Для решения данной задачи можно использовать различные подходы машинного обучения, такие как нейронные сети, метод опорных векторов, случайный лес и другие.
Для начала стоит подготовить набор данных, который будет содержать значения с инерциальных датчиков на предмете и соответствующие им координаты ключевых точек. Затем можно попробовать обучить нейронную сеть, например, сверточную нейронную сеть (CNN), которая хорошо подходит для работы с изображениями и может быть использована для задачи навигации.
Для определения структуры нейронной сети стоит провести эксперименты с различными архитектурами и параметрами обучения. Можно попробовать использовать различные слои, функции активации, оптимизаторы и т.д.
Также важно провести тщательное тестирование разработанных моделей на новых данных, чтобы оценить их точность и эффективность.
Для начала работы с этой задачей можно попробовать следующие шаги:
Подготовить данные и разделить их на обучающую и тестовую выборку.Создать базовую модель нейронной сети и обучить ее на обучающей выборке.Оценить точность модели на тестовой выборке и провести анализ результатов.Внести изменения в структуру модели и параметры обучения для улучшения точности.Провести дополнительные эксперименты и оценить итоговую модель.

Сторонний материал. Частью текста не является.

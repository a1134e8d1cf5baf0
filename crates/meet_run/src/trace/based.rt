//! The check of a trace that has a base.

ghost use Rattle.std.specs.Prelude.{◌≡◌, ◌+◌, ◌^◌, ◌<◌, ◌≤◌, [], ◌∷◌, IfSome, IfOk, IfErr, OnOk, false};
ghost use Rattle.std.specs.Vec.{vec_capacity};
ghost use Rattle.meet_tickets.specs.Bases.{IsWellFormed};
ghost use Rattle.meet_tickets.specs.Limits.{last_ticket, most_records};
ghost use Rattle.meet_run.specs.Tracing.BasedTraces.{record_from, told_from, told_behind, HasLaid, ArePushedOn};
ghost use Rattle.meet_run.specs.Tracing.BasedTraces.{IsChecked};
ghost use Rattle.meet_run.specs.Tracing.Keeping.{HasKept};
ghost use Rattle.meet_run.specs.Texts.Reading.{UsesTurns, EndsInTurns, Both, lines_of, listed};
ghost use Rattle.meet_run.specs.Tracing.Traces.{NamesLine, IsUnreadTrace};

use crate::text::faults::{RunFault, at_line, cut_short};
use crate::text::reading::{LONGEST_LINE, LineRead, read_line};
use crate::trace::base_grammar::{read_numbers, read_piece};
use crate::trace::check::ReadTrace;
use crate::trace::grammar::read_record;
use crate::trace::kept::{Kept, take_in};
use meet_history::{Checker, Ground};
use meet_tickets::{Base, Deed, Kind, MOST_RECORDS, Record, Refusal};
use std::alloc::Global;
use std::io::Read;

/// Reads the pieces of a base behind its numbers. The answer is the base, and the number of the first line that is
/// none: whether there is such a line, which was read.
fn lay_pieces<R: Read>(
    reader: &mut R,
    turns: &mut u64,
    line: &mut Vec<u8>,
    ground: Ground,
) -> Result<(Base, bool, u64), RunFault>
    requires room { LONGEST_LINE ≤ vec_capacity line.old }
    requires turns { turns.old + 2 < 2 ^ 64 }
    ensures laid { IfOk result (λ laid. HasLaid ground.kind ground.base laid.1 line.new.items laid.0 laid.2
        (R.remaining reader.old) (R.remaining reader.new)) }
    ensures well_formed { IfOk result (λ laid. IsWellFormed ground.kind laid.0) }
    ensures gone { IfOk result (λ laid. laid.0.gone ≡ ground.base.gone) }
    ensures bad { IfErr result (λ fault. IfSome (R.remaining reader.old) (λ rest.
        NamesLine fault (told_from ground.kind ground.base 3 (lines_of rest)).fault)) }
    ensures uses { UsesTurns (R.remaining reader.old) (R.remaining reader.new) turns.old turns.new }
    ensures room { LONGEST_LINE ≤ vec_capacity line.new }
    ensures ends { IfOk result (λ laid. laid.1 ≡ false → EndsInTurns (R.remaining reader.old) turns.old) }
    ensures few { IfOk result (λ laid. laid.2 + turns.new ≤ 2 + turns.old) }
    ensures faults { IfErr result IsUnreadTrace }
{
    let mut ground = ground;
    // How many lines were read.
    let mut read = 2u64;
    loop {
        match read_line(reader, turns, line) {
            LineRead::Line => match read_piece(line.as_slice()) {
                Some(piece) => {
                    if !ground.may_follow(&piece) {
                        return Err(at_line(Refusal::BadTrace, read + 1));
                    }
                    ground = match ground.lay(piece) {
                        Ok(laid) => laid,
                        Err(_) => return Err(cut_short(Refusal::Memory)),
                    };
                    read += 1;
                }
                None => return Ok((ground.into_base(), true, read + 1)),
            },
            LineRead::End => return Ok((ground.into_base(), false, read + 1)),
            LineRead::TooLong => return Err(at_line(Refusal::BadTrace, read + 1)),
            LineRead::Failed => return Err(cut_short(Refusal::ReadFault)),
        }
    }
}

/// The record of a line with this number, where the first record stands in that line.
fn read_record_from(first: u64, number: u64, line: &[u8]) -> Option<Record<Deed>>
    ensures { result ≡ record_from first number line.now }
{
    if number.saturating_sub(first) >= MOST_RECORDS {
        None
    } else {
        read_record(line)
    }
}

/// Reads records, of which the first stands in the line with this number, which was read; and takes each in. The answer
/// is how many they are.
fn push_from<R: Read>(
    reader: &mut R,
    turns: &mut u64,
    line: &mut Vec<u8>,
    checker: &mut Checker,
    kept: &mut Kept,
    first: u64,
) -> Result<u64, RunFault>
    requires room { LONGEST_LINE ≤ vec_capacity line.old }
    requires turns { first + turns.old < 2 ^ 64 }
    requires nothing { HasKept kept.old.wanted kept.old [] }
    ensures pushed { IfOk result (λ count. IfSome (R.remaining reader.old) (λ rest.
        ArePushedOn checker.old checker.new count
        (listed (record_from first) first (line.old.items ∷ lines_of rest)))) }
    ensures kept { OnOk result (IfSome (R.remaining reader.old) (λ rest. HasKept kept.old.wanted kept.new
        (listed (record_from first) first (line.old.items ∷ lines_of rest)).items)) }
    ensures kind { checker.new.place.kind ≡ checker.old.place.kind }
    ensures most { IfOk result (λ count. count ≤ most_records) }
    ensures ends { OnOk result (EndsInTurns (R.remaining reader.old) turns.old) }
    ensures bad { IfErr result (λ fault. IfSome (R.remaining reader.old) (λ rest.
        NamesLine fault (listed (record_from first) first (line.old.items ∷ lines_of rest)).fault)) }
    ensures uses { UsesTurns (R.remaining reader.old) (R.remaining reader.new) turns.old turns.new }
    ensures faults { IfErr result IsUnreadTrace }
{
    // The number of the line that was read.
    let mut number = first;
    loop {
        match read_record_from(first, number, line.as_slice()) {
            Some(entry) => {
                match take_in(kept, checker, &entry) {
                    Ok(()) => {}
                    Err(why) => return Err(cut_short(why)),
                }
            }
            None => return Err(at_line(Refusal::BadTrace, number)),
        }
        match read_line(reader, turns, line) {
            LineRead::Line => number += 1,
            LineRead::End => return Ok(number + 1 - first),
            LineRead::TooLong => return Err(at_line(Refusal::BadTrace, number + 1)),
            LineRead::Failed => return Err(cut_short(Refusal::ReadFault)),
        }
    }
}

/// Reads a base's numbers.
fn read_ground<R: Read>(
    alloc: Global,
    reader: &mut R,
    turns: &mut u64,
    line: &mut Vec<u8>,
    kind: Kind,
) -> Result<Ground, RunFault>
    requires room { LONGEST_LINE ≤ vec_capacity line.old }
    ensures ground { IfOk result (λ ground. Both (R.remaining reader.old) (R.remaining reader.new) (λ first rest.
        told_behind kind (lines_of first) ≡ told_from kind ground.base 3 (lines_of rest))) }
    ensures kind { IfOk result (λ ground. ground.kind ≡ kind) }
    ensures gone { IfOk result (λ ground. ground.base.gone ≤ last_ticket) }
    ensures bad { IfErr result (λ fault. IfSome (R.remaining reader.old) (λ rest.
        NamesLine fault (told_behind kind (lines_of rest)).fault)) }
    ensures uses { UsesTurns (R.remaining reader.old) (R.remaining reader.new) turns.old turns.new }
    ensures few { IfOk result (λ _. turns.new + 1 ≤ turns.old) }
    ensures room { LONGEST_LINE ≤ vec_capacity line.new }
    ensures faults { IfErr result IsUnreadTrace }
{
    match read_line(reader, turns, line) {
        LineRead::Line => match read_numbers(line.as_slice()) {
            Some(numbers) => Ok(Ground::new(alloc, kind, numbers.0.number(), numbers.1)),
            None => Err(at_line(Refusal::BadTrace, 2)),
        },
        LineRead::End => Err(at_line(Refusal::BadTrace, 2)),
        LineRead::TooLong => Err(at_line(Refusal::BadTrace, 2)),
        LineRead::Failed => Err(cut_short(Refusal::ReadFault)),
    }
}

/// Reads what stands behind the first line of a trace that has a base.
pub(crate) fn read_based<R: Read>(
    alloc: Global,
    reader: &mut R,
    turns: &mut u64,
    line: &mut Vec<u8>,
    kind: Kind,
    kept: &mut Kept,
) -> Result<ReadTrace, RunFault>
    requires room { LONGEST_LINE ≤ vec_capacity line.old }
    requires turns { turns.old + 1 < 2 ^ 64 }
    requires nothing { HasKept kept.old.wanted kept.old [] }
    ensures checked { IfOk result (λ trace. IfSome (R.remaining reader.old) (λ rest.
        IsChecked kind (lines_of rest) trace.base trace.checker trace.count)) }
    ensures kept { OnOk result (IfSome (R.remaining reader.old) (λ rest.
        HasKept kept.old.wanted kept.new (told_behind kind (lines_of rest)).records)) }
    ensures kind { IfOk result (λ trace. trace.kind ≡ kind) }
    ensures bad { IfErr result (λ fault. IfSome (R.remaining reader.old) (λ rest.
        NamesLine fault (told_behind kind (lines_of rest)).fault)) }
    ensures uses { UsesTurns (R.remaining reader.old) (R.remaining reader.new) turns.old turns.new }
    ensures ends { OnOk result (EndsInTurns (R.remaining reader.old) turns.old) }
    ensures faults { IfErr result IsUnreadTrace }
{
    let ground = read_ground(alloc, reader, turns, line, kind)?;
    let (base, more, first) = lay_pieces(reader, turns, line, ground)?;
    let mut checker = match Checker::new(alloc, kind, &base) {
        Ok(checker) => checker,
        Err(_) => return Err(cut_short(Refusal::Memory)),
    };
    let gone = base.gone;
    if !more {
        return Ok(ReadTrace {
            kind,
            base,
            checker,
            count: gone,
        });
    }
    let count = push_from(reader, turns, line, &mut checker, kept, first)?;
    Ok(ReadTrace {
        kind,
        base,
        checker,
        count: gone + count,
    })
}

Постепенно, экспериментируя с различными моделями и параметрами, можно прийти к оптимальному решению для данной задачи.
Для решения данной задачи можно использовать различные подходы машинного обучения, такие как нейронные сети, метод опорных векторов, случайный лес и другие.
Для начала стоит подготовить набор данных, который будет содержать значения с инерциальных датчиков на предмете и соответствующие им координаты ключевых точек. Затем можно попробовать обучить нейронную сеть, например, сверточную нейронную сеть (CNN), которая хорошо подходит для работы с изображениями и может быть использована для задачи навигации.
Для определения структуры нейронной сети стоит провести эксперименты с различными архитектурами и параметрами обучения. Можно попробовать использовать различные слои, функции активации, оптимизаторы и т.д.
Также важно провести тщательное тестирование разработанных моделей на новых данных, чтобы оценить их точность и эффективность.
Для начала работы с этой задачей можно попробовать следующие шаги:
Подготовить данные и разделить их на обучающую и тестовую выборку.Создать базовую модель нейронной сети и обучить ее на обучающей выборке.Оценить точность модели на тестовой выборке и провести анализ результатов.Внести изменения в структуру модели и параметры обучения для улучшения точности.Провести дополнительные эксперименты и оценить итоговую модель.Постепенно, экспериментируя с различными моделями и параметрами, можно прийти к оптимальному решению для данной задачи.